Saved data entries:
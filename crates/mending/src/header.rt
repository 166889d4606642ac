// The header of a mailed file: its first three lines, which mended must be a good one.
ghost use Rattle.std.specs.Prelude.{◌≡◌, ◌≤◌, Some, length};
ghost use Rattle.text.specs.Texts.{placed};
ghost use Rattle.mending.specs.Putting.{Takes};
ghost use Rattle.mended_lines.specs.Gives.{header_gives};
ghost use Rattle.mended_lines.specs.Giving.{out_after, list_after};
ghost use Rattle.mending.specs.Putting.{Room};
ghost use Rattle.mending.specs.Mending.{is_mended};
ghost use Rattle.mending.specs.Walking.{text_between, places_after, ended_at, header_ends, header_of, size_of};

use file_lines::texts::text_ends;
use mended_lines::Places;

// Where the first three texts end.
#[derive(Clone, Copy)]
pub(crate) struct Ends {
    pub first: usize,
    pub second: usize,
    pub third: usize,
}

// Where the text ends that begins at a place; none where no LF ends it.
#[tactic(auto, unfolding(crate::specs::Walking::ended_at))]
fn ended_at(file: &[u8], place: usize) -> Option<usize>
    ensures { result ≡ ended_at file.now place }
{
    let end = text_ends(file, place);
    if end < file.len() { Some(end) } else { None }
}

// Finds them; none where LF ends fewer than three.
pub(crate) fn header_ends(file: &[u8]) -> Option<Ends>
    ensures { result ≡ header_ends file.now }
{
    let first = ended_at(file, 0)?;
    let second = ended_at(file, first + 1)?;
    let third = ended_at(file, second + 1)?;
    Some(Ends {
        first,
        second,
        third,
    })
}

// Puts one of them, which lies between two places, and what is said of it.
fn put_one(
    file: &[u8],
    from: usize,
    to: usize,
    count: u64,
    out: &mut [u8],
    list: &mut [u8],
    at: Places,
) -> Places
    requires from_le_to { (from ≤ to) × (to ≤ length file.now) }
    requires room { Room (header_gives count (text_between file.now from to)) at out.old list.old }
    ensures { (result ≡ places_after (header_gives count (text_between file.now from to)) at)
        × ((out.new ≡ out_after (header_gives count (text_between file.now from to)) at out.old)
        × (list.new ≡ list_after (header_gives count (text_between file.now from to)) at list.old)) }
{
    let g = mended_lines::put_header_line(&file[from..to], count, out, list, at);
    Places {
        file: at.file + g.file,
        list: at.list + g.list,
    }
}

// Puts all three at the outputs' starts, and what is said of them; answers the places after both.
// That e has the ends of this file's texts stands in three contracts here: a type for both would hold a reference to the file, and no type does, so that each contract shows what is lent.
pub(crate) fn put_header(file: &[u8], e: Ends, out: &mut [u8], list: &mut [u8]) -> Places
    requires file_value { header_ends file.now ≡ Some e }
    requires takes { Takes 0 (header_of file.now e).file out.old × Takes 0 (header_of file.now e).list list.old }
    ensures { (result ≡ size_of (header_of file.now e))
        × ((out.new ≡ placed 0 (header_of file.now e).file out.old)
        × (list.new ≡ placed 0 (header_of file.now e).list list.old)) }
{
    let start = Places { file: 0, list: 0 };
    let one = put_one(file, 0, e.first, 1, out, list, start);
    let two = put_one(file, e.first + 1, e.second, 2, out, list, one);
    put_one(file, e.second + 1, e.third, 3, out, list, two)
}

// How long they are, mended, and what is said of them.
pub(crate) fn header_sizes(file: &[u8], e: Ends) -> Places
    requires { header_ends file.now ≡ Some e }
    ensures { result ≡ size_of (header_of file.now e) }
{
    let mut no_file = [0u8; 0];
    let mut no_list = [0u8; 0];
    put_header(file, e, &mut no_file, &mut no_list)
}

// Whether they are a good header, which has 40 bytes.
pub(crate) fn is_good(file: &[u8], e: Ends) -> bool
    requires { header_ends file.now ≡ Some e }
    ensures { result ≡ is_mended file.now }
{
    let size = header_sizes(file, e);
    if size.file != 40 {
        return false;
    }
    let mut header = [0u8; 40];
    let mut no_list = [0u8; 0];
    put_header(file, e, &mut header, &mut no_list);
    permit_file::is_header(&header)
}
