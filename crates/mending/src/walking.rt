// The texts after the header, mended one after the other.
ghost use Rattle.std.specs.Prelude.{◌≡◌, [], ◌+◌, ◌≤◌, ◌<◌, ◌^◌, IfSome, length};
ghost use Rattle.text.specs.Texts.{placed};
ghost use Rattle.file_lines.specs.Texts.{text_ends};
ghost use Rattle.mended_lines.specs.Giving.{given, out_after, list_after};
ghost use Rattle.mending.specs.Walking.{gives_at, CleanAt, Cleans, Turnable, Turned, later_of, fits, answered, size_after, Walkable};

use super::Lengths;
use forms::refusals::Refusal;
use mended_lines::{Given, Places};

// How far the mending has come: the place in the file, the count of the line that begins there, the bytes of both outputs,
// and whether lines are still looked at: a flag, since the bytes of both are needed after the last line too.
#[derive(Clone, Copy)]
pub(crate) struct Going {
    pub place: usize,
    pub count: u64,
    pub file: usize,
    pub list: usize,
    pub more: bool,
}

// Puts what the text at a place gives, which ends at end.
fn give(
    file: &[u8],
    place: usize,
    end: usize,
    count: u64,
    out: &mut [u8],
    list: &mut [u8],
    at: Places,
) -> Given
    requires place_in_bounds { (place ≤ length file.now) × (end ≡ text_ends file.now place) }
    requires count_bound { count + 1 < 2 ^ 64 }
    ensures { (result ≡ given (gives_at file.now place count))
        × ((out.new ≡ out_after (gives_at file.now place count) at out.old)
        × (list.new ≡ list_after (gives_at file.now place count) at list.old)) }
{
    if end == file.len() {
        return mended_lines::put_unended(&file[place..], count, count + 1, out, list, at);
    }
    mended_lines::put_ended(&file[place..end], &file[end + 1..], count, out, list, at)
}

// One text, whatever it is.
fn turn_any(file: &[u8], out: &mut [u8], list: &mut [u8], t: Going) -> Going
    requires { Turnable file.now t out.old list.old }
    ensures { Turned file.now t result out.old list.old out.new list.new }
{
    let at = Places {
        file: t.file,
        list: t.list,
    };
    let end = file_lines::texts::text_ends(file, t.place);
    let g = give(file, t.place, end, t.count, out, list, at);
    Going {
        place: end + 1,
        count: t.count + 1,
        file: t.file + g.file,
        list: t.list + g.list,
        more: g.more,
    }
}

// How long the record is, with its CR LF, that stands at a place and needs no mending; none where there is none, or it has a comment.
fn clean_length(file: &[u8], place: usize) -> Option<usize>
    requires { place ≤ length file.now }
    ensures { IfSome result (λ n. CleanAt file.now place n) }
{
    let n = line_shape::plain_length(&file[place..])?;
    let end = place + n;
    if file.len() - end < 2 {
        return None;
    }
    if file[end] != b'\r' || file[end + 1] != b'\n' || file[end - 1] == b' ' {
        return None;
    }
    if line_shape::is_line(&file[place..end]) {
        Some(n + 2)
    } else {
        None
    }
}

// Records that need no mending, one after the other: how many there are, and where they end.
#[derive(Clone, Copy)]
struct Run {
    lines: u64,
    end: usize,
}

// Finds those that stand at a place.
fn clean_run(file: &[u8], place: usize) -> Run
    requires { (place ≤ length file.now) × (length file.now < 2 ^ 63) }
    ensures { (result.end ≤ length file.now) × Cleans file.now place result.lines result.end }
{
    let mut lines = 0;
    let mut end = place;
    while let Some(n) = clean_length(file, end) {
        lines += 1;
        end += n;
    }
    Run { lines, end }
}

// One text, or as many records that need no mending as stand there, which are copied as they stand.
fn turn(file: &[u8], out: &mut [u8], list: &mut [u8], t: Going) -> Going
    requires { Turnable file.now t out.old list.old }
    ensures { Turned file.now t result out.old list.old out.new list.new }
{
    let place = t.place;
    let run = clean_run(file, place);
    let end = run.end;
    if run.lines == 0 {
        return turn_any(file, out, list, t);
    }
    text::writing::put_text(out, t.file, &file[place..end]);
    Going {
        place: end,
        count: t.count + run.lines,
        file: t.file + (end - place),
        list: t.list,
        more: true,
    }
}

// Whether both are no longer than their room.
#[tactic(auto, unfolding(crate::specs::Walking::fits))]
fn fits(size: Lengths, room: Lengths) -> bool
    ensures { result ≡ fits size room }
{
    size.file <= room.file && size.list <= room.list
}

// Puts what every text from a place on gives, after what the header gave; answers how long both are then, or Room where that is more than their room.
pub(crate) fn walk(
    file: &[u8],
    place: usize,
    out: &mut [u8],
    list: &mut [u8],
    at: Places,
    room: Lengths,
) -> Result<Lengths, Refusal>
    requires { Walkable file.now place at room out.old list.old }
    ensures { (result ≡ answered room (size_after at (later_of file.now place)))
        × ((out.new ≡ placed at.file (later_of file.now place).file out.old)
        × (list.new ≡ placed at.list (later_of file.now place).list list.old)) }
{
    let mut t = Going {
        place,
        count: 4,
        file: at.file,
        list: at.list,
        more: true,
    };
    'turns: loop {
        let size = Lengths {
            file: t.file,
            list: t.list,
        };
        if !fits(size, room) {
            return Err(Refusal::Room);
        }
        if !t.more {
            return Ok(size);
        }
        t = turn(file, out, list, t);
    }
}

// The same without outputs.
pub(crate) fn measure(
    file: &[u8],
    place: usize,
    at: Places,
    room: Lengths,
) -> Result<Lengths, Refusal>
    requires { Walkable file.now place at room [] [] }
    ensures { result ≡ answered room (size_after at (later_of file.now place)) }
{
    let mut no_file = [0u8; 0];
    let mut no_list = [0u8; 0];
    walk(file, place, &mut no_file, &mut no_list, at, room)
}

# Exercise description
Say how many lines of the data hold the string "Finds". Reply with the number alone.

# Answer section
2